Top Management’s Progressive Banking Approach Strengthens Union Bank of India’s Growth Story
Apr 27th, 2026 1:14 pm | By ThenewsmanofIndia.com | Category: TOP STORIES
By THE NEWSMAN OF INDIA.COM|New Delhi: In an environment where banking leadership is increasingly judged by strategic clarity rather than short-term expansion, Union Bank of India’s Managing Director & CEO Asheesh Pandey is steering the institution with a distinctly progressive and disciplined approach. His focus on sustainable growth, prudent liability management, and stronger retail banking foundations is gradually reshaping the bank’s financial architecture.
Rather than pursuing aggressive deposit accumulation at any cost, Pandey has chosen a more calibrated path—prioritising quality over quantity. His strategy reflects a deeper understanding of long-term banking stability, where the cost of funds and the strength of the deposit base matter far more than headline numbers alone.
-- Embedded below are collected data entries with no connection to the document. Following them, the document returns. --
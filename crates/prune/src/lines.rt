// What is printed.
ghost use Rattle.std.specs.Prelude.{◌≡◌, ◌++◌, ◌∷◌, [], ◌<◌, ℕ, length, string_bytes, IfOk, OnOk};
ghost use Rattle.workspaces.specs.Reach.{AreBelow};
ghost use Rattle.workspaces.specs.Space.{owners};
ghost use Rattle.prune.specs.Cause.{HasCause, counts_of};
ghost use Rattle.prune.specs.Printed.{named_line, added_lines};
ghost use Rattle.prune.specs.Steps.{OnlyMemory, packages_at, IsPutFault, PutsText};

use crate::PruneErr;
use rel_path::Text;
use std::alloc::Global;
use tree_dev::{DevErr, Sink};
use workspaces::Packages;

const ADDED: &str = " - Added ";

const LINE_FEED: &str = "\n";

fn add_line(text: &mut String, name: &Text) -> Result<(), PruneErr>
    ensures added { OnOk result
        (string_bytes text.new ≡ string_bytes text.old ++ named_line name.now) }
    ensures memory { OnlyMemory result }
{
    text.push_str(ADDED)?;
    text.push_str(name.as_str())?;
    text.push_str(LINE_FEED)?;
    Ok(())
}

/// A line for the owner, where it is a package.
fn add_owner(text: &mut String, packages: &Packages, number: u32) -> Result<(), PruneErr>
    requires { number < length (owners packages.now) }
    ensures added { OnOk result (string_bytes text.new ≡ string_bytes text.old
        ++ added_lines (packages_at packages.now (number ∷ []))) }
    ensures memory { OnlyMemory result }
{
    if number < packages.count() {
        add_line(text, packages.name(number))
    } else {
        Ok(())
    }
}

/// A line for each package of these owners.
fn added_text(alloc: Global, packages: &Packages, numbers: &[u32]) -> Result<String, PruneErr>
    requires { AreBelow (length (owners packages.now)) numbers.now }
    ensures value { IfOk result (λ text. string_bytes text
        ≡ added_lines (packages_at packages.now numbers.now)) }
    ensures memory { OnlyMemory result }
{
    let mut text = String::new(alloc);
    for number in numbers {
        add_owner(&mut text, packages, *number)?;
    }
    Ok(text)
}

/// Puts a line for each package of these owners.
pub(crate) fn put_lines<K: Sink>(
    alloc: Global,
    out: &mut K,
    packages: &Packages,
    numbers: &[u32],
) -> Result<(), PruneErr>
    requires { AreBelow (length (owners packages.now)) numbers.now }
    ensures fault { IsPutFault result }
    ensures prints { K.tells → PutsText (added_lines (packages_at packages.now numbers.now))
        (K.written out.old) (K.written out.new) result }
    ensures cause { (tree : ℕ) → HasCause (counts_of tree (K.faults out.old))
        (counts_of tree (K.faults out.new)) result }
{
    let text = match added_text(alloc, packages, numbers) {
        Ok(text) => text,
        Err(_) => return Err(PruneErr::OutOfMemory),
    };
    match out.put(alloc, text.as_bytes()) {
        Ok(()) => Ok(()),
        Err(DevErr::Failed) => Err(PruneErr::SinkFailed),
        Err(DevErr::OutOfMemory) => Err(PruneErr::OutOfMemory),
    }
}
One of the most notable decisions under his leadership has been the conscious reduction of high-cost bulk deposits. These deposits, largely contracted during an earlier high-rate cycle at pricing levels of nearly 7.8 to 7.9 per cent, were putting pressure on margins and profitability. Recognising the need for structural correction, the bank undertook a major liability clean-up exercise.
Union Bank of India reduced bulk deposits by nearly Rs 73,000 to Rs 75,000 crore as part of this strategic shift. In Q4 FY26 alone, the reduction stood at nearly Rs 30,000 crore, following an earlier cut of approximately Rs 40,000 crore in Q3. This was not merely a balance sheet adjustment, but a carefully planned move to transition towards a healthier and more cost-efficient funding profile.
Importantly, the bank ensured that this transition did not compromise liquidity. With a Liquidity Coverage Ratio (LCR) of 113.8 per cent, Union Bank maintained a strong liquidity cushion, reflecting both confidence and sound treasury discipline.

Pandey’s vision extends beyond reducing expensive liabilities. His larger objective is to strengthen the bank’s CASA (Current Account Savings Account) and retail deposit franchise, creating a more stable and lower-cost resource base. This reflects a fundamental banking principle: sustainable growth comes from trust-based retail relationships, not dependence on volatile bulk funding.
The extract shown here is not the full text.